Unexpected side effects in Python classes

Today, I lost several hours while debugging a language implementation detail in Python that I did not know of and that really feels counterintuitive and dangerous to me.

I was writing unit tests for a Python class that I was implementing, when one of the tests that had repeatedly been passing suddenly failed. Moreover, the failing test case was really for testing some completely unrelated piece of functionaly. This simply could not be broken!

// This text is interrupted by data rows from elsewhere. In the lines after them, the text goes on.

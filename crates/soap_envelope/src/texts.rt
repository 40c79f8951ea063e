// The characters of texts and elements.
ghost use Rattle.std.specs.Prelude.{◌≡◌, ◌++◌, IfOk, IsTrue, OnOk, slice_get, string_bytes};
ghost use Rattle.std.specs.List.{list_all};
ghost use Rattle.nbfx_values.specs.Characters.{value_characters};
ghost use Rattle.nbfx_values.specs.Items.{is_valid_item};
ghost use Rattle.nbfx_values.specs.Scalars.{is_valid_value};
ghost use Rattle.soap_envelope.specs.Characters as spec;
ghost use Rattle.soap_envelope.specs.Characters.{are_white, is_white};

use crate::characters::{characters_in, has_characters};
use crate::children::Children;
use nbfx_values::{Item, Txt, Value};
use std::alloc::Global;
use unit_streams::Memory;

// Whether all characters are white.
fn is_blank(characters: &str) -> bool
    ensures { result ≡ list_all is_white characters.now }
{
    characters
        .as_bytes()
        .iter()
        .all(|c| matches!(*c, b' ' | b'\t' | b'\n' | b'\r'))
}

// Whether a value has characters, and only white ones.
fn has_only_white(alloc: Global, value: &Value) -> Result<bool, Memory>
    requires { IsTrue (is_valid_value value.now) }
    ensures { IfOk result (λ white. white ≡ are_white (value_characters value.now)) }
{
    Ok(match characters_in(alloc, value)? {
        Some(characters) => is_blank(characters.as_str()),
        None => false,
    })
}

// Whether the child at a place is passed over where elements are wanted: a comment or a blank text.
pub(crate) fn is_passed(alloc: Global, items: &[Item], at: usize) -> Result<bool, Memory>
    requires { IsTrue (list_all is_valid_item items.now) }
    ensures { IfOk result (λ passed. passed ≡ spec.is_passed (slice_get items.now at)) }
{
    match items.get(at) {
        Some(Item::Comment(_)) => Ok(true),
        Some(Item::Text(value)) => has_only_white(alloc, value),
        _ => Ok(false),
    }
}

// Whether the child at a place may stand where characters are wanted: a comment or a text with
// characters.
fn is_plain(items: &[Item], at: usize) -> bool
    ensures { result ≡ spec.is_plain (slice_get items.now at) }
{
    match items.get(at) {
        Some(Item::Comment(_)) => true,
        Some(Item::Text(value)) => has_characters(value),
        _ => false,
    }
}

// Whether all children of the element that begins at a place are.
pub(crate) fn has_plain_content(items: &[Item], at: usize) -> bool
    ensures { result ≡ spec.has_plain_content items.now at }
{
    let mut children = Children::of(items, at);
    while let Some(child) = children.next() {
        if !is_plain(items, child) {
            return false;
        }
    }
    true
}

// Appends the characters of the text at a place to others, if a text stands there.
fn put_characters(alloc: Global, text: &mut String, items: &[Item], at: usize) -> Result<(), Memory>
    requires { IsTrue (list_all is_valid_item items.now) }
    ensures { OnOk result (string_bytes text.new
        ≡ string_bytes text.old ++ spec.characters_of (slice_get items.now at)) }
{
    if let Some(Item::Text(value)) = items.get(at) {
        if let Some(characters) = characters_in(alloc, value)? {
            text.push_str(characters.as_str())?;
            return Ok(());
        }
    }
    Ok(())
}

// The characters of the element that begins at a place.
pub(crate) fn text_of(alloc: Global, items: &[Item], at: usize) -> Result<Txt, Memory>
    requires { IsTrue (list_all is_valid_item items.now) }
    ensures { IfOk result (λ text. text ≡ spec.text_of items.now at) }
{
    let mut text = String::new(alloc);
    let mut children = Children::of(items, at);
    while let Some(child) = children.next() {
        put_characters(alloc, &mut text, items, child)?;
    }
    Ok(Txt::from(text))
}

After at least an hour of scrutinizing the code, I was able to distill the real problem, which I think is summarized here in the most compact way:

class Foo:
  x = {}
  
  def __init__(self, id):
    self.x[id] = id

f1 = Foo(5)
print f1.x     # {5:5}, as expected
f2 = Foo(6)
print f2.x     # {5:5,6:6} ?!

Creating a simple Foo instance twice exposes the ugly side effect: the second Foo instance has an already initialized x instance variable when the constructor enters! Yuck! Moreover, now, too:

print f1.x     # {5:5,6:6}, too!

Apparently, the x “instance variable” is a shared object, much like a global or class variable.

To be even more confusing, this doesn’t seem to hold for basic data types. For example, change the dictionary to an integer, and the example behaves as expected:

class Foo:
  x = 3

  def __init__(self, id):
    self.x = id

f1 = Foo(5)
print f1.x     # 5, as expected
f2 = Foo(6)
print f2.x     # 6, as expected

The behaviour demystified

The real confusion here is that I was thinking that I was creating “instance variables”, like you would in C++ or Java. As the Python documentation mentions:

“data attributes correspond to […] to data members in C++. Data attributes need not be declared; like local variables, they spring into existence when they are first assigned to.”

Yes, I knew that, but nonetheless my real-world class is much bigger than Foo and I wanted an explicit overview on which instance variables are in this class. Hence the data member.

However, this is not how the Python interpreter processes Python code. In fact, upon class definition, the statement x = {} is executed within the scope of the newly defined class. To prove this:

class Bar:
  x = {}

print Bar.x     # {}

Even without a constructor or instance variable, we can access the data member x. Of course. Now this suddenly seems obvious.

But what about our instance variables? Apparently, when we create a new instance of Bar, the instance data member x is initially pointing to the same object as the class data member x. The following example proves this:

class Foo:
  x = {}
  
  def __init__(self, id):
    self.x = { id: id }

f1 = Foo(5)
print f1.x     # { 5:5 }, as expected
f2 = Foo(6)
print f2.x     # { 6:6 }, as expected
print Foo.x    # {}, didn't intend this!

This example also demonstrates the subtlety of the accidentally discovered side-effect. Remember how we were changing the dictionary in our initial example? self.x[id] = id
The instance data member was pointing to the same object as the class data member. By updating the dictionary, the single dictionary object was changed, causing unwanted side effects in other class instances.

In the listing above, x is forced to point to a new dictionary by the assignment self.x = { id:id }. In other words, x points to a new object! This also perfectly explains why the integer example worked—it’s the same kind of assignment.